Feeling invisible? Not today!
Carmelene Melanie Siani
Just as I turned off my engine a guy in a HUGE pickup pulled into the space next to me. “Oh, geez! What does he need a truck that size for! He’ll entirely block my view when it’s time for me to back out.”
Yes. I had that critical, judgmental thought. Me, who preaches loving kindness and understanding and love, love, love.
Or, perhaps I should say: Me, the closeted judgmental, critical, crabby old lady who goes around thinking such condemning thoughts but never letting on out loud that she thinks them.
I cut the engine and walked to the back of my van. Or, I should say, I leaned on it with one hand for balance and lurched around back. Attempting to unload my rollator from within, the guy who’d parked the HUGE truck saw me and called out,
“Can I help you?”
Words to live by. And yet, here I was, judging this guy for driving such a — in my view — needless vehicle.
“Can I help you?”
What’s that saying about when the student is ready, the teacher appears — leaving out entirely the part about the teacher driving a HUGE four-wheel pickup truck!
I glanced over. He looked to be in his thirties, maybe early forties. No matter. He was hale, hearty and had the kind of shoulders I like on a man, (that’s right: at 83, I still enjoy looking at a man’s shoulders!) He stood there. . . I guess waiting for my answer. In fact, I stood there too, wondering what to say to him with all his youth and musculature.
“No thank you, I got this,” came to mind. But truth be told? “Yes, thank you, you can help me, and what are you doing for dinner tonight,” also came to mind.
Of course, what I finally said was something like, “Wow, I never expected you to offer, but thank you. Thank you for being the gentleman you are and for offering.” I reached up and closed the hatch on my van.
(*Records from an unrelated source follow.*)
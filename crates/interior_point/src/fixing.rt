//! What the value of a node rises by on both sides of a branch on a candidate, under the rents of its relaxation.

use crate::lagrangian::Lagrangian;
use crate::places::at;
use crate::view::{BIG, NO_LOCAL, View};

/// By how much a value rises at least where a candidate is in, and where it is out.
#[derive(Clone, Copy)]
pub struct Rises {
    pub inside: f64,
    pub outside: f64,
}

/// What all parts cost more without each candidate of a view, and what candidates earn in all.
#[derive(Clone, Copy)]
pub struct Losses {
    losses: [f64; 256],
    taken: f64,
}

/// The most candidates that the least plan of a part uses.
const MOST_USED: usize = 8;

/// The pages of a candidate of a view.
fn size(view: &View, number: usize) -> f64 {
    at(view.sizes.as_slice(), number, BIG)
}

/// The upkeep of a candidate less its rents.
fn earned(lagrangian: &Lagrangian, number: usize) -> f64 {
    at(lagrangian.earned.as_slice(), number, 0.0)
}

/// What candidates earn in a room, in part where one doesn't fit any more, but for one and for those above a size.
fn earned_in(view: &View, lagrangian: &Lagrangian, room: f64, other: usize, largest: f64) -> f64 {
    let mut left = room;
    let mut sum = 0.0;
    for place in 0..lagrangian.count.min(256) {
        let number = lagrangian.order[place] as usize;
        let size = size(view, number);
        if number == other || size > largest {
            continue;
        }
        let earned = earned(lagrangian, number);
        if size > left {
            return sum + earned * left / size;
        }
        left -= size;
        sum += earned;
    }
    sum
}

impl Losses {
    pub const BLANK: Losses = Losses {
        losses: [0.0; 256],
        taken: 0.0,
    };

    /// Adds what a part costs more without a candidate, where it isn't known yet that this is so much in all.
    fn lose(
        &mut self,
        view: &View,
        rents: &[f64],
        lagrangian: &mut Lagrangian,
        part: usize,
        owner: u16,
        need: f64,
    ) {
        let place = owner as usize & 255;
        if self.losses[place] < need {
            let without = lagrangian.without(view, rents, part, owner);
            let more = without - at(lagrangian.least.as_slice(), part, 0.0);
            self.losses[place] += more;
        }
    }

    /// Weighs the candidates of a view at rents at which it was evaluated. Losses that come to `need` aren't looked at further.
    pub fn weigh(&mut self, view: &View, rents: &[f64], lagrangian: &mut Lagrangian, need: f64) {
        *self = Losses::BLANK;
        let mut place = 0usize;
        for (part, own) in view.parts.iter().enumerate() {
            let mut seen = [NO_LOCAL; MOST_USED];
            for turn in 0..MOST_USED {
                let link = at(lagrangian.used.as_slice(), place, u32::MAX) as usize;
                if link >= own.links.to {
                    break;
                }
                place = place.wrapping_add(1);
                let owner = at(view.owners.as_slice(), link, NO_LOCAL);
                if !seen.contains(&owner) {
                    seen[turn] = owner;
                    self.lose(view, rents, lagrangian, part, owner, need);
                }
            }
        }
        self.taken = earned_in(view, lagrangian, view.room, 256, f64::INFINITY);
    }

    /// What the value rises by on both sides, at the best price of a page there.
    pub fn best_rises(&self, view: &View, lagrangian: &Lagrangian, number: usize) -> Rises {
        let left = view.room - size(view, number);
        let inside = if left < 0.0 {
            BIG
        } else {
            earned(lagrangian, number) + earned_in(view, lagrangian, left, number, left)
        };
        let outside = earned_in(view, lagrangian, view.room, number, f64::INFINITY);
        Rises {
            inside: inside - self.taken,
            outside: outside - self.taken + self.losses[number & 255],
        }
    }

    /// What the value rises by on both sides, at the price of a page where it was evaluated.
    pub fn rises(&self, view: &View, lagrangian: &Lagrangian, number: usize) -> Rises {
        let cost = earned(lagrangian, number) + lagrangian.page * size(view, number);
        Rises {
            inside: cost.max(0.0),
            outside: (0.0 - cost).max(0.0) + self.losses[number & 255],
        }
    }
}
Earlier that morning, leaving a bakery where my husband and I had gone for a celebratory Valentine’s croissant and cappuccino, I asked an “older” (that is, my age) gentleman if he wouldn’t mind holding the door for me. That 80-something year old guy pretty much said the same thing the truck guy had. “Sure, I can hold the door” and “Can I help you put the walker in your car?”
I laughed. “Puleeze — it’s not a walker! It’s a rollator! Huge difference when you’re my age!”
How refreshing — he got my joke. As I walked (rollated?) out to my car and waiting husband he teased did I really need to flirt with every man I came across.
It was a morning filled with men. Men offering to help me load and unload my van, men holding doors, and the man who took me out for a celebratory Valentine treat. All told, I had a great day.
And let me just say… if you’re feeling invisible… get yourself a rollator!